Les photos de l'essai

publié le 9 octobre

Avec le Tricity 300, Yamaha agrandit sa famille de trois-roues. Les Piaggio MP3 300 et 350 mais aussi les Qooder 400 et Peugeot Metropolis sont-ils sur la brèche ?

Il a forcément un air de famille avec le Tricity 125 mais on pourrait pratiquement dire que c'est le rejeton des amours d'un Niken et d'un Xmax 300. Rien de plus normal puisque c'est un cocktail de ces trois modèles. Sans parler des carénages, toute la partie arrière provient du Xmax 300 en terme de châssis et de moteur. Et l'avant accueille le parallélogramme à double fourche LMW et son système Ackerman. On retrouve le style Yamaha, GT avec une pointe de sportivité, les matériaux ne sont pas clinquants mais respirent la bonne qualité.

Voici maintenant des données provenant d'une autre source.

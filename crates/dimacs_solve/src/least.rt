//! Solving minimum cost flow.

ghost use Rattle.std.specs.Prelude.{◌≡◌, ℕ, Ok};
ghost use Rattle.dimacs_claims.specs.Potentials.{potential_of};
ghost use Rattle.dimacs_judging.specs.{Optimum.{Least}, Potentials.{Slack}};
ghost use Rattle.dimacs_solve.specs.{Descending.{start_flow}, SolveMin.{SolvesMin}};

use crate::answer::MinFlowAnswer;
use crate::descend::solve_min_flow;
use crate::error::SolveError;
use dimacs_claims::{Cut, Potentials, Solution};
use dimacs_decide::min_solution;
use dimacs_instance::MinInstance;
use dimacs_judging::Flow;
use dimacs_network::Network;
use std::alloc::Global;

/// The answer to a minimum cost flow instance.
#[derive(Drop)]
pub enum MinAnswer {
    /// A flow of least cost, with an entry for every arc, and potentials that show it.
    Optimal(Solution, Potentials),
    /// No feasible flow; the set of nodes shows it.
    Infeasible(Cut),
    /// Neither was found within the limit, or a sum of costs is out of range.
    GaveUp,
}

/// Finds a flow of least cost in at most `limit` steps, each to a better flow.
///
/// The start flow gives each arc its lower bound, or its capacity if its cost is negative. `GaveUp` comes if more than
/// `limit` steps would be needed, or if the least cost, summed up arc by arc, leaves the range from -10^30 to 10^30.
/// `Memory` is the only error.
pub fn solve_min<N: Network>(
    alloc: Global,
    instance: &MinInstance<N>,
    limit: u64,
) -> Result<MinAnswer, SolveError>
    ensures { SolvesMin instance.now limit result }
{
    match solve_min_flow(alloc, instance, limit)? {
        MinFlowAnswer::Optimal(flow, potentials) => outcome(alloc, instance, &flow, potentials),
        MinFlowAnswer::Infeasible(set) => Ok(MinAnswer::Infeasible(set)),
        MinFlowAnswer::GaveUp => Ok(MinAnswer::GaveUp),
    }
}

/// `GaveUp` if the cost, summed up arc by arc, leaves its range.
fn outcome<N: Network>(
    alloc: Global,
    instance: &MinInstance<N>,
    flow: &Flow,
    potentials: Potentials,
) -> Result<MinAnswer, SolveError>
    requires least { Least instance.now flow.now }
    requires slack { Slack instance.now.arcs flow.now (potential_of potentials) }
    requires nodes { potentials.nodes ≡ instance.now.nodes }
    ensures { (limit : ℕ) → (limit ≡ 0 → flow.now ≡ start_flow instance.now.arcs) → SolvesMin instance.now limit result }
{
    let Some(solution) = min_solution(alloc, instance, flow)? else {
        return Ok(MinAnswer::GaveUp);
    };
    Ok(MinAnswer::Optimal(solution, potentials))
}
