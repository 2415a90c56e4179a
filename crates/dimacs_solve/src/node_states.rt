//! What a search knows about the nodes.

ghost use Rattle.std.specs.Prelude.{◌≡◌, ◌≤◌, ◌<◌, ◌+◌, ◌^◌, ℕ, IsTrue, OnOk, ◌↔◌};
ghost use Rattle.dimacs_network.specs.Tables.{value_of};

use crate::distance::SearchDistance;
use dimacs_lines::Memory;
use dimacs_network::NodeTable;
use std::alloc::Global;

/// A state from an earlier round counts as none.
#[derive(Clone, Copy)]
struct NodeState<D> {
    dist: D,
    round: u32,
    settled: bool,
}

/// A new round takes no time and keeps the memory.
#[derive(Drop)]
pub(crate) struct NodeStates<D> {
    round: u32,
    node_states: NodeTable<NodeState<D>>,
    ghost no_later: { (v : ℕ) → (value_of node_states v).round ≤ round },
}

impl<D: SearchDistance> NodeStates<D> {
    ghost use Rattle.dimacs_solve.specs.inside.NodeStates.{AreUnknown, IsReachedWithin, Reached, Sets, Settled, is_settled, known};

    /// Allocates nothing.
    pub(crate) fn new(alloc: Global) -> NodeStates<D>
        ensures { result.round ≡ 0 }
    {
        let unknown = NodeState {
            dist: D::zero(),
            round: 0,
            settled: false,
        };
        NodeStates {
            round: 0,
            node_states: NodeTable::new(alloc, unknown),
        }
    }

    pub(crate) fn next_round(&mut self)
        requires { self.old.round + 1 < 2 ^ 32 }
        ensures round { self.new.round ≡ self.old.round + 1 }
        ensures unknown { AreUnknown (known D.value self.new) }
    {
        self.round += 1;
    }

    #[inline]
    pub(crate) fn is_within(&self, node: u32, dist: D) -> bool
        ensures { IsTrue result ↔ IsReachedWithin (known D.value self.now node) (D.value dist) }
    {
        let node_state = self.node_states.get(node);
        node_state.round == self.round && node_state.dist <= dist
    }

    #[inline]
    pub(crate) fn is_settled(&self, node: u32) -> bool
        ensures { result ≡ is_settled (known D.value self.now node) }
    {
        let node_state = self.node_states.get(node);
        node_state.round == self.round && node_state.settled
    }

    #[inline]
    pub(crate) fn reach(&mut self, node: u32, dist: D) -> Result<(), Memory>
        ensures round { OnOk result (self.new.round ≡ self.old.round) }
        ensures reached { OnOk result (Sets (known D.value self.old) node (Reached (D.value dist)) (known D.value self.new)) }
    {
        let round = self.round;
        let node_state = NodeState {
            dist,
            round,
            settled: false,
        };
        self.node_states.set(node, node_state)?;
        Ok(())
    }

    #[inline]
    pub(crate) fn settle(&mut self, node: u32, dist: D) -> Result<(), Memory>
        ensures round { OnOk result (self.new.round ≡ self.old.round) }
        ensures settled { OnOk result (Sets (known D.value self.old) node (Settled (D.value dist)) (known D.value self.new)) }
    {
        let round = self.round;
        let node_state = NodeState {
            dist,
            round,
            settled: true,
        };
        self.node_states.set(node, node_state)?;
        Ok(())
    }
}
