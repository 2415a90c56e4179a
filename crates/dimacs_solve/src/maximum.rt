//! Solving maximum flow.

ghost use Rattle.dimacs_solve.specs.SolveMax.{SolvesMax};

use crate::answer::MaxFlowAnswer;
use crate::climb::solve_max_flow;
use crate::error::SolveError;
use dimacs_claims::{Cut, Solution};
use dimacs_decide::max_solution;
use dimacs_instance::MaxInstance;
use dimacs_network::Network;
use std::alloc::Global;

/// The answer to a maximum flow instance.
#[derive(Drop)]
pub enum MaxAnswer {
    /// A maximum flow, with an entry for every arc, and a cut that shows it.
    Optimal(Solution, Cut),
    /// As many better and better flows as the limit aren't maximum.
    GaveUp,
}

/// Finds a maximum flow, starting at the zero flow. It tests at most `limit` flows for being maximum. `Memory` is the
/// only error.
pub fn solve_max<N: Network>(
    alloc: Global,
    instance: &MaxInstance<N>,
    limit: u64,
) -> Result<MaxAnswer, SolveError>
    ensures { SolvesMax instance.now limit result }
{
    match solve_max_flow(alloc, instance, limit)? {
        MaxFlowAnswer::Optimal(flow, cut) => {
            let solution = max_solution(alloc, instance, &flow)?;
            Ok(MaxAnswer::Optimal(solution, cut))
        }
        MaxFlowAnswer::GaveUp => Ok(MaxAnswer::GaveUp),
    }
}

Ergonomie et aspects pratiques

La position de conduite est identique à celle du Xmax 300 et d'emblée, on apprécie de ne pas être gêné par la pédale de frein (obligatoire pour la catégorie L5e et l'accessibilité aux permis B). Le Tricity 300 est d'ailleurs d'autant plus prévenant pour les jambes qu'on peut quasiment les allonger. On profite d'une selle accueillante, confortable, et dotée d'un petit dosseret pour le pilote. Les bras sont bien écartés par un guidon aux poignées bien placées. Précision pour les pilotes d'1,70 m et moins : la selle est large, le guidon aussi, et il ne revient pas beaucoup vers le pilote, les petits bras auront du mal à se caler au fond de la selle tout en tenant le guidon, ne parlons pas d'avancer les jambes sur le marchepied avancé... La soute  est vaste et logeable : deux casques intégraux plus d'autres affaires entrent sans problème. Un objet long est aussi bienvenu. Notez ici que le coffre s'ouvre via un bouton à côté contacteur, comme la trappe menant au réservoir, le tout reprenant le système avec smartkey des Xmax. Au tablier on trouve bien une prise 12V, posée là comme une verrue : un peu dommage d'un point de vue esthétique, et pas très pratique. On aurait bien aimé avoir un vide-poches avec prise USB... L'instrumentation à large écran LCD est un peu austère mais bien lisible, et complète (bouton Menu au guidon à main droite bien placé pour faire défiler les infos).

Standing Assist

Le "standing assist" est l'équivalent ou presque du Roll Lock chez Piaggio, mais il ne verrouille que le parallélogramme et non l'amortissement. C'est une sorte d'étrier de frein électronique qui se sert lorsque l'on appuie sur le bouton situé au commodo gauche, à moins de 10 km/h ou 2000 tr/mn, accélérateur totalement relâché (et il se déverrouille automatiquement quand on veut repartir). Sauf que, sachant que ça n'agit pas sur l'amortissement, les fourches se détendent et ont tendance à faire osciller le Tricity 300, vous obligeant à poser pied à terre. Chez Yamaha, on vous explique que ce n'est pas prévu pour bloquer l'ensemble du train avant comme le fait le Roll Lock. D'ailleurs, il y a deux béquilles. La centrale servant en particulier à stabiliser le trois-roues à l'arrêt. Car oui, si il est stationné sans béquille, il peut pencher. Comme son nom l'indique le Standing Assist est une aide pour le déplacer à l'arrêt.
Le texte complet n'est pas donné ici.